■ TASK TO CARRY OUT
Isolate every line in the records below with "ours" in it.

[EXTRACTED DATA]

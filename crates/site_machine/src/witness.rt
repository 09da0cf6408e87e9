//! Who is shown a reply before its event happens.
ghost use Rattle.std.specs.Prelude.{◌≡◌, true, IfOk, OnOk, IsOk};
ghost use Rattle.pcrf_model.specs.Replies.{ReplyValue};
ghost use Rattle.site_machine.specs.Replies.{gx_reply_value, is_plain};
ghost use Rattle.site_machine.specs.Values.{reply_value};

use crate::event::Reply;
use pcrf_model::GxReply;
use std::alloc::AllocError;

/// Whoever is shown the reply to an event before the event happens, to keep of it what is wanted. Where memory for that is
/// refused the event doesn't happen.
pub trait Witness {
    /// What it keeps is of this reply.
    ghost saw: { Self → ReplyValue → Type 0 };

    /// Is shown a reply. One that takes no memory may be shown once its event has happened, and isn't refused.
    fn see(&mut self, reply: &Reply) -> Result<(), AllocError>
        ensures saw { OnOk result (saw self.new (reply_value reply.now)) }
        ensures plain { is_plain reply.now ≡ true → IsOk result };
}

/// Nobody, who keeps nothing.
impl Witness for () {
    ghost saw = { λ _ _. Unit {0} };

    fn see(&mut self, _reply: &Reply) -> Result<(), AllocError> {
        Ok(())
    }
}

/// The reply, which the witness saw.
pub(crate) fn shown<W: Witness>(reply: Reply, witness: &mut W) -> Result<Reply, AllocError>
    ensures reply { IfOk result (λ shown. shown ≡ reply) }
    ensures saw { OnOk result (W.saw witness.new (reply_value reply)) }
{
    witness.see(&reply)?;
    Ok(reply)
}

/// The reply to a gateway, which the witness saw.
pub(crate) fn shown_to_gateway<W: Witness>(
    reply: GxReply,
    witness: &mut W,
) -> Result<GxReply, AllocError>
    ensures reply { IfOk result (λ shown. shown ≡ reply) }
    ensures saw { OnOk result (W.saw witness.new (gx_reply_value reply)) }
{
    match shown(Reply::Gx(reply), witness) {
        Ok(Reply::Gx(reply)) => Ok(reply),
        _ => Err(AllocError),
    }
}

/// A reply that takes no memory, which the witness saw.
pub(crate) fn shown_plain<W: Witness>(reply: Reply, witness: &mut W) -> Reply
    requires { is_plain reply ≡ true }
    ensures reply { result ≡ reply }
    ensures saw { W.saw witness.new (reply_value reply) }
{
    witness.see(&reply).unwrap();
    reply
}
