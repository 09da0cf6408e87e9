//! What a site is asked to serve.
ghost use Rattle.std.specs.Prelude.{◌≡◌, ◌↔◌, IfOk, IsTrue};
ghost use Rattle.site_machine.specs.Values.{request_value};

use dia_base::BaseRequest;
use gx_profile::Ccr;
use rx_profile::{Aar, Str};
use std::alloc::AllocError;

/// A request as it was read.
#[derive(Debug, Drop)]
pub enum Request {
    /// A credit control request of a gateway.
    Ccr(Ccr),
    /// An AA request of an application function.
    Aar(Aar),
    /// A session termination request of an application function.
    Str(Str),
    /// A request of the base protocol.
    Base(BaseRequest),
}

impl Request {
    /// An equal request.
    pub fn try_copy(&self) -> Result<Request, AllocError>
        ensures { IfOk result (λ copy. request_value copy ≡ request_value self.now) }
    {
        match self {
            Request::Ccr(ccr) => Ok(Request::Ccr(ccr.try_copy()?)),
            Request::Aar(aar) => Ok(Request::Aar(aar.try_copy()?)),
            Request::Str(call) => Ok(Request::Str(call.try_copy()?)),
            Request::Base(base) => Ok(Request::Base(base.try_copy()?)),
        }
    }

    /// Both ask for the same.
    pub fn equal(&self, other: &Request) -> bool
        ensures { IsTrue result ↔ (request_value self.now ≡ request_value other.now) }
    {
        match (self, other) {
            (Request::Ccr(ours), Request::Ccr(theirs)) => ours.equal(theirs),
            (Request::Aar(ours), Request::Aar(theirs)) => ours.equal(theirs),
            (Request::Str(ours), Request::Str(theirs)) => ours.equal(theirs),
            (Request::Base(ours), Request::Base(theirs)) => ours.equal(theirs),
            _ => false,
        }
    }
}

[/EXTRACTED DATA]
[EXTRACTED DATA]

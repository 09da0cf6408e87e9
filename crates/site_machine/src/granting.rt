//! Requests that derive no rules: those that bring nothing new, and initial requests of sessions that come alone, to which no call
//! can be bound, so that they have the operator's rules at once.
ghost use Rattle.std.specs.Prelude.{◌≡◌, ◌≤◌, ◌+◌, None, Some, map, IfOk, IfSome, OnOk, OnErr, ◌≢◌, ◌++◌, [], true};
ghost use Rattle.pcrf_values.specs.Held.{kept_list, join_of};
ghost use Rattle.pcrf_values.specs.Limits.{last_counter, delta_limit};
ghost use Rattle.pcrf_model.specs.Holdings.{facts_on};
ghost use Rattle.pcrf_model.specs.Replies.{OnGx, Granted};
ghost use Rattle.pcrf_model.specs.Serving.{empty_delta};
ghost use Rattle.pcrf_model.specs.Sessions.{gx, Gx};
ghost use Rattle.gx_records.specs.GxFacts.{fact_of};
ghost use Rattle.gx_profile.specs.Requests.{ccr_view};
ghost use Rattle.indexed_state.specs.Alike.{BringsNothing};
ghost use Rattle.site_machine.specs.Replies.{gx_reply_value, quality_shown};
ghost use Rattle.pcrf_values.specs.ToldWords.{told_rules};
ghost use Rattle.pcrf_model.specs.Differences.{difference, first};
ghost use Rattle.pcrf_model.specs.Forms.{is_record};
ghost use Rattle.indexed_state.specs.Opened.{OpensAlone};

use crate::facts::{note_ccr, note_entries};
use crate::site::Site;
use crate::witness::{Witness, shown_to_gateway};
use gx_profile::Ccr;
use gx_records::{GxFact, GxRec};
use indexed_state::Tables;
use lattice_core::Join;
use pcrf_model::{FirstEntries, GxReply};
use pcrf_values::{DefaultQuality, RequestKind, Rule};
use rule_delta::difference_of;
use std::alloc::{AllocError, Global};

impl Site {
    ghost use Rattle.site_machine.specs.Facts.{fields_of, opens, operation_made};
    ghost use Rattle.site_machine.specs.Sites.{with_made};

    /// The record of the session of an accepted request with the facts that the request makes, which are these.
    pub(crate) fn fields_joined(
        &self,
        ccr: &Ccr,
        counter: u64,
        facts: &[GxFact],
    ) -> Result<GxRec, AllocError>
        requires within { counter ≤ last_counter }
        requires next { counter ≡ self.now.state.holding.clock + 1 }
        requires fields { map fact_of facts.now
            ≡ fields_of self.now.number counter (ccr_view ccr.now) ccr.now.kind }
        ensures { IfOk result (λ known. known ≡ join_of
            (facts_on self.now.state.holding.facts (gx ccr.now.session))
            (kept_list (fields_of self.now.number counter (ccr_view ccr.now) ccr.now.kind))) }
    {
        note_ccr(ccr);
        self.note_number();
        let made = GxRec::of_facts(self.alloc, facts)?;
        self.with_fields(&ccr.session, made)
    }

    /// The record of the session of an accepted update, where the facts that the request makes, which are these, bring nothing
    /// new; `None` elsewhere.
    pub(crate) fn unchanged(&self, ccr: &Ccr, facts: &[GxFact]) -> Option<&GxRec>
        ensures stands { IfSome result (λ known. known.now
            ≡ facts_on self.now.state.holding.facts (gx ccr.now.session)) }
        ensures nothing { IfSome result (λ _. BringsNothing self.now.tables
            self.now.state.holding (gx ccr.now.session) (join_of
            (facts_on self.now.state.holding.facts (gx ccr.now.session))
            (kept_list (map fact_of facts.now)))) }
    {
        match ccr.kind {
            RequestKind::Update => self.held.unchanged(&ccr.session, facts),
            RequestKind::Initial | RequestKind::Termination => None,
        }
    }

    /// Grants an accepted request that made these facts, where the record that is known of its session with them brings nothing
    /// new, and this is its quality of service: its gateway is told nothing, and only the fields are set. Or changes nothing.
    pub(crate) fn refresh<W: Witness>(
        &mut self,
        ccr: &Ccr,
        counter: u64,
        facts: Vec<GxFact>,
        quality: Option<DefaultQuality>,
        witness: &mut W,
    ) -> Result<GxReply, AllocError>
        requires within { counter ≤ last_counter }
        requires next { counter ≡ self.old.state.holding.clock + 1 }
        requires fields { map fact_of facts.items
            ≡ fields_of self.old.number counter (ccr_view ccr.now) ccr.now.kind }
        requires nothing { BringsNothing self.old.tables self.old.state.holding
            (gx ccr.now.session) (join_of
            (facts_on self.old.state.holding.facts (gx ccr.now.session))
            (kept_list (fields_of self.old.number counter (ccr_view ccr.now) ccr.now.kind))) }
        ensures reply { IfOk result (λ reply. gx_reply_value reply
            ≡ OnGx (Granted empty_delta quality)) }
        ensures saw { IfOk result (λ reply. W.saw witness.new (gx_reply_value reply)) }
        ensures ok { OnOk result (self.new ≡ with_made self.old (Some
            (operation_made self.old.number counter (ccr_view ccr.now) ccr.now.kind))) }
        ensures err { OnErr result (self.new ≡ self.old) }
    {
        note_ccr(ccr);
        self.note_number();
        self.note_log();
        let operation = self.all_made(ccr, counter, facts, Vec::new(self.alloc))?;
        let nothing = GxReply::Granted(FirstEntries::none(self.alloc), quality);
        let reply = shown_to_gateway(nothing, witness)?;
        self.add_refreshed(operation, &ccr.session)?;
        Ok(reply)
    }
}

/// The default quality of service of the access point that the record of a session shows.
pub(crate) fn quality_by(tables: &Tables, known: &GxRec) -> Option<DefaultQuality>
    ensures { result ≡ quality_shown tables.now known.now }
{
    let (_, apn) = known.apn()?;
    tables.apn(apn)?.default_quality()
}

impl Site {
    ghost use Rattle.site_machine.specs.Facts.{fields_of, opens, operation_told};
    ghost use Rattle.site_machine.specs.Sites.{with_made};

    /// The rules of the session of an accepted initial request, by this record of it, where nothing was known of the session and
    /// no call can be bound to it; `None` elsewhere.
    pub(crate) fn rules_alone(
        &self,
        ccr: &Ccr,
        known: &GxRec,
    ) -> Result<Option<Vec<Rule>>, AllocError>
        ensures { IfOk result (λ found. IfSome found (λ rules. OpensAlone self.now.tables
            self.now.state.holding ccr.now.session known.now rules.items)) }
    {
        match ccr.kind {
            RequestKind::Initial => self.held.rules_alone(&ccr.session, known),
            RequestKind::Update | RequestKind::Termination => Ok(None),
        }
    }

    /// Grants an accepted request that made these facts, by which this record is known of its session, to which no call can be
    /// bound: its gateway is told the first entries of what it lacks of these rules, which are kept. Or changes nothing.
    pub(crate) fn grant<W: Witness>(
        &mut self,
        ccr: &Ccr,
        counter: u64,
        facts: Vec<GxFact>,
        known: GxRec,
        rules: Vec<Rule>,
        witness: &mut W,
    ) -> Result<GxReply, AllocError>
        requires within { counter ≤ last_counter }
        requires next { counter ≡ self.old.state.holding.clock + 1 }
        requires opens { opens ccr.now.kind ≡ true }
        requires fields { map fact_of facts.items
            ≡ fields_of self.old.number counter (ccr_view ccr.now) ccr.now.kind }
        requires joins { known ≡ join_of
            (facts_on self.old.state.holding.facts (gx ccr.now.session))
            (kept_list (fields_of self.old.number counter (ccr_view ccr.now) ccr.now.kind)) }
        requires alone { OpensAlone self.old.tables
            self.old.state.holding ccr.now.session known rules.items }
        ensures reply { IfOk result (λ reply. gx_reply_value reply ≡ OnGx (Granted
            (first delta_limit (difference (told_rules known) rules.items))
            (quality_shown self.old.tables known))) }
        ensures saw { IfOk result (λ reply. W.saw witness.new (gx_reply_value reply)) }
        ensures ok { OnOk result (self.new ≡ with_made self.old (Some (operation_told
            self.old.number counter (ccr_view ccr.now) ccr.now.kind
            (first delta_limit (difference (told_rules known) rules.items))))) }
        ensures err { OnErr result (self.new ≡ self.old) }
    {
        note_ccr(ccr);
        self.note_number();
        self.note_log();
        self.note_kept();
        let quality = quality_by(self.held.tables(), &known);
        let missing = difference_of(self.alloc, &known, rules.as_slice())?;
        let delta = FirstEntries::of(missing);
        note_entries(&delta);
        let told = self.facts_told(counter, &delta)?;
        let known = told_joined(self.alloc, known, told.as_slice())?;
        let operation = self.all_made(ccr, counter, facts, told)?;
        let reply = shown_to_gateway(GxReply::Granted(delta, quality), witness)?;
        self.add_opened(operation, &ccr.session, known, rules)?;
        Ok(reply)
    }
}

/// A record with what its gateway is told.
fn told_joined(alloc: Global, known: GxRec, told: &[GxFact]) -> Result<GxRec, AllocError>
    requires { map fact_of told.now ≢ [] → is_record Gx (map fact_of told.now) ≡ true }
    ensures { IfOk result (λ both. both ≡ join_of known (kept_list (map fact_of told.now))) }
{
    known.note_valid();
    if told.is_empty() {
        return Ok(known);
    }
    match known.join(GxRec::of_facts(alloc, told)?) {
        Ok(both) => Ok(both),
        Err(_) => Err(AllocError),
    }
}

[/EXTRACTED DATA]

■ ANSWER TO THIS PROBLEM
            (Request::Ccr(ours), Request::Ccr(theirs)) => ours.equal(theirs),
            (Request::Aar(ours), Request::Aar(theirs)) => ours.equal(theirs),
            (Request::Str(ours), Request::Str(theirs)) => ours.equal(theirs),
            (Request::Base(ours), Request::Base(theirs)) => ours.equal(theirs),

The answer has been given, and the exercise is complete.